_Available data_
//! Each of the faults 10 to 17 at each place where it can stand, and which of two comes first.

use super::{File, judge, manifest, refused};
use mx_manifest::{Key, Part};
use std::test::Fail;

/// A module with an image, or with two inline words after the image's, and a hart in it.
const A: &str = "[[module]]\nname = \"a\"\nimage = \"a.elf\"\n";

const B: &str = "[[module]]\nname = \"b\"\nat = 0x80008000\nperm = \"rx\"\nwords = [19, 19]\n";

const IN_A: &str = "[[hart]]\nmodule = \"a\"\n";

const IN_B: &str = "[[hart]]\nmodule = \"b\"\n";

/// A file of A, and the fault's number and detail. Each stands at the module's image.
static IMAGES: [(File, u32, u32); 17] = [
    (File::Zeros(51), 10, 1),
    (File::Zeros(52), 10, 2),
    (File::Changed(4, 2), 10, 3),
    (File::Changed(16, 3), 10, 4),
    (File::Changed(18, 0), 10, 5),
    (File::Changed(44, 28), 10, 6),
    (File::Changed(69, 4), 10, 8),
    (File::Changed(68, 17), 10, 9),
    (File::Changed(60, 2), 10, 10),
    (File::Changed(76, 7), 11, 0),
    (File::Changed(108, 7), 11, 1),
    (File::Changed(140, 7), 11, 2),
    (File::Changed(140, 3), 11, 2),
    // Areas that aren't wholly in RAM: before it, after it, and over its end.
    (File::Changed(63, 0x7F), 12, 0),
    (File::Changed(126, 1), 12, 0),
    (File::Changed(138, 1), 12, 0),
    // Areas that share a word with an earlier one: the last word of .bss, which has seven words with .data.
    (File::Changed(93, 0), 13, 1),
];

/// What is added to A and to B, and the fault's number, module, key and detail.
static ADDED: [(&str, &str, u32, u32, Key, u32); 34] = [
    // Areas that aren't wholly in RAM: before it, after it, and over its end.
    (
        "heap = 0x7FFFFFFC\nheap_words = 1\n",
        "",
        12,
        1,
        Key::Heap,
        0,
    ),
    (
        "heap = 0x8000F000\nheap_words = 1025\n",
        "",
        12,
        1,
        Key::Heap,
        0,
    ),
    (
        "",
        "heap = 0x80010000\nheap_words = 1\n",
        12,
        2,
        Key::Heap,
        0,
    ),
    (
        "stack = 0x8000FFFC\nstack_words = 2\n",
        "",
        12,
        1,
        Key::Stack,
        0,
    ),
    (
        "",
        "stack = 0xFFFFFFFC\nstack_words = 1048576\n",
        12,
        2,
        Key::Stack,
        0,
    ),
    // Areas that share a word with an earlier one: the last word of .bss, which has seven words with .data.
    (
        "heap = 0x80001018\nheap_words = 1\n",
        "",
        13,
        1,
        Key::Heap,
        1,
    ),
    (
        "",
        "heap = 0x80001018\nheap_words = 1\n",
        13,
        2,
        Key::Heap,
        1,
    ),
    (
        "",
        "heap = 0x80008004\nheap_words = 1\n",
        13,
        2,
        Key::Heap,
        2,
    ),
    (
        "heap = 0x80004000\nheap_words = 8\nstack = 0x80003FFC\nstack_words = 2\n",
        "",
        13,
        1,
        Key::Stack,
        1,
    ),
    (
        "stack = 0x80007FFC\nstack_words = 1\n",
        "stack = 0x80007FFC\nstack_words = 1\n",
        13,
        2,
        Key::Stack,
        1,
    ),
    // Of several earlier areas the first counts.
    (
        "",
        "heap = 0x80002004\nheap_words = 7000\n",
        13,
        2,
        Key::Heap,
        1,
    ),
    // Entries: no such symbol.
    (
        "gates = [{ entry = \"ent\", from = [\"b\"] }]\n",
        "",
        14,
        1,
        Key::Gates,
        0,
    ),
    ("returns = [\"leaver\"]\n", "", 14, 1, Key::Returns, 0),
    (
        "",
        "gates = [{ entry = \"enter\", from = [\"a\"] }]\n",
        14,
        2,
        Key::Gates,
        0,
    ),
    ("", "returns = [\"leave\"]\n", 14, 2, Key::Returns, 0),
    // Not aligned, or not in an area of the module.
    (
        "gates = [{ entry = \"counter\", from = [\"b\"] }]\n",
        "",
        15,
        1,
        Key::Gates,
        0,
    ),
    (
        "gates = [{ entry = 0x8000000A, from = [\"b\"] }]\n",
        "",
        15,
        1,
        Key::Gates,
        0,
    ),
    (
        "gates = [{ entry = 0x80000010, from = [\"b\"] }]\n",
        "",
        15,
        1,
        Key::Gates,
        0,
    ),
    (
        "gates = [{ entry = 0x80008000, from = [\"b\"] }]\n",
        "",
        15,
        1,
        Key::Gates,
        0,
    ),
    ("returns = [0x80007FFC]\n", "", 15, 1, Key::Returns, 0),
    ("", "returns = [0x80000000]\n", 15, 2, Key::Returns, 0),
    ("", "returns = [0]\n", 15, 2, Key::Returns, 0),
    // The domain and word of an earlier gate.
    (
        "gates = [{ entry = \"enter\", from = [\"b\", \"b\"] }]\n",
        "",
        16,
        1,
        Key::Gates,
        0,
    ),
    (
        "gates = [{ entry = \"enter\", from = [\"b\"] }, { entry = 0x80000008, from = [\"b\"] }]\n",
        "",
        16,
        1,
        Key::Gates,
        0,
    ),
    (
        "returns = [\"leave\", 0x8000000C]\n",
        "",
        16,
        1,
        Key::Returns,
        0,
    ),
    (
        "",
        "returns = [0x80008004, 0x80008004]\n",
        16,
        2,
        Key::Returns,
        0,
    ),
    // Step 6 comes before step 7; and in a step the order of modules, areas and gates decides.
    (
        "heap = 0x80000000\nheap_words = 1\n",
        "heap = 0\nheap_words = 1\n",
        13,
        1,
        Key::Heap,
        1,
    ),
    (
        "heap = 0\nheap_words = 1\n",
        "heap = 0x80000000\nheap_words = 1\n",
        12,
        1,
        Key::Heap,
        0,
    ),
    (
        "returns = [\"no\"]\n",
        "stack = 0x80000000\nstack_words = 1\n",
        13,
        2,
        Key::Stack,
        1,
    ),
    (
        "returns = [\"no\"]\ngates = [{ entry = 0x80000002, from = [\"b\"] }]\n",
        "",
        15,
        1,
        Key::Gates,
        0,
    ),
    (
        "returns = [0x80000002, \"no\"]\n",
        "",
        15,
        1,
        Key::Returns,
        0,
    ),
    (
        "returns = [\"no\", 0x80000002]\n",
        "",
        14,
        1,
        Key::Returns,
        0,
    ),
    (
        "returns = [\"leave\", \"leave\", \"no\"]\n",
        "",
        16,
        1,
        Key::Returns,
        0,
    ),
    (
        "returns = [\"leave\"]\n",
        "returns = [0x80000002]\n",
        15,
        2,
        Key::Returns,
        0,
    ),
];

/// Two images, and the fault of the first that has one.
const FILES: [(File, File, u32, u32, u32); 3] = [
    (File::Changed(108, 7), File::Zeros(51), 11, 1, 1),
    (File::Image, File::Zeros(52), 10, 2, 2),
    (File::Zeros(51), File::Changed(108, 7), 10, 1, 1),
];

/// What is added to A, its file, the harts, and the number of the fault and of its hart.
static HARTS: [(&str, File, &str, u32, u32); 9] = [
    ("", File::Image, "entry = \"no\"\n", 14, 1),
    ("", File::Image, "entry = \"counter\"\n", 15, 1),
    ("", File::Image, "entry = 0x80000006\n", 15, 1),
    ("", File::Image, "entry = 0x80008000\n", 15, 1),
    ("", File::Changed(24, 2), "", 15, 1),
    ("", File::Changed(25, 0x90), "", 15, 1),
    (
        "",
        File::Image,
        "[[hart]]\nmodule = \"b\"\nentry = \"start\"\n",
        14,
        2,
    ),
    (
        "",
        File::Image,
        "[[hart]]\nmodule = \"b\"\nentry = 0x80008008\n",
        15,
        2,
    ),
    (
        "",
        File::Changed(24, 2),
        "entry = \"start\"\n[[hart]]\nmodule = \"a\"\n",
        15,
        2,
    ),
];

#[test]
fn faults_of_images_tell_what_is_wrong_with_them(rt: HostRuntime) -> Result<(), Fail> {
    let modules = format!(in rt.alloc(); "{A}{B}")?;
    let text = manifest(rt.alloc(), modules.as_str(), IN_B)?;
    for (file, number, detail) in &IMAGES {
        let answer = judge(rt.alloc(), text.as_str(), &[*file, File::None]).err();
        assert_eq!(rt;
            answer,
            refused(*number, Part::Module, 1, Key::Image, *detail)
        );
    }
    for (first, second, number, index, detail) in FILES {
        let modules = format!(in rt.alloc(); "{A}[[module]]\nname = \"b\"\nimage = \"b.elf\"\n")?;
        let text = manifest(rt.alloc(), modules.as_str(), IN_A)?;
        let answer = judge(rt.alloc(), text.as_str(), &[first, second]).err();
        assert_eq!(rt;
            answer,
            refused(number, Part::Module, index, Key::Image, detail)
        );
    }
    Ok(())
}

#[test]
fn faults_of_modules_stand_at_their_keys(rt: HostRuntime) -> Result<(), Fail> {
    for (a, b, number, index, key, detail) in &ADDED {
        let modules = format!(in rt.alloc(); "{A}{a}{B}{b}")?;
        let text = manifest(rt.alloc(), modules.as_str(), IN_B)?;
        let answer = judge(rt.alloc(), text.as_str(), &[File::Image, File::None]).err();
        assert_eq!(rt;
            answer,
            refused(*number, Part::Module, *index, *key, *detail)
        );
    }
    let modules = format!(in rt.alloc(); "{A}heap = 0x80000000\nheap_words = 1\n{B}")?;
    let text = manifest(rt.alloc(), modules.as_str(), IN_B)?;
    let files = [File::Changed(140, 7), File::None];
    let answer = judge(rt.alloc(), text.as_str(), &files).err();
    assert_eq!(rt; answer, refused(11, Part::Module, 1, Key::Image, 2));
    Ok(())
}

#[test]
fn faults_of_harts_come_last(rt: HostRuntime) -> Result<(), Fail> {
    for (a, file, hart, number, index) in &HARTS {
        let modules = format!(in rt.alloc(); "{A}{a}{B}")?;
        let harts = format!(in rt.alloc(); "{IN_A}{hart}")?;
        let text = manifest(rt.alloc(), modules.as_str(), harts.as_str())?;
        let answer = judge(rt.alloc(), text.as_str(), &[*file, File::None]).err();
        assert_eq!(rt; answer, refused(*number, Part::Hart, *index, Key::Entry, 0));
    }
    let modules = format!(in rt.alloc(); "{A}{B}returns = [0x80008000, 0x80008000]\n")?;
    let harts = format!(in rt.alloc(); "{IN_A}entry = \"no\"\n")?;
    let text = manifest(rt.alloc(), modules.as_str(), harts.as_str())?;
    let answer = judge(rt.alloc(), text.as_str(), &[File::Image, File::None]).err();
    assert_eq!(rt; answer, refused(16, Part::Module, 2, Key::Returns, 0));
    Ok(())
}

_What needs to be done_
Among the lines of the data, find every one that holds "nname" and copy it.

_Answer box_
const A: &str = "[[module]]\nname = \"a\"\nimage = \"a.elf\"\n";
const B: &str = "[[module]]\nname = \"b\"\nat = 0x80008000\nperm = \"rx\"\nwords = [19, 19]\n";
        let modules = format!(in rt.alloc(); "{A}[[module]]\nname = \"b\"\nimage = \"b.elf\"\n")?;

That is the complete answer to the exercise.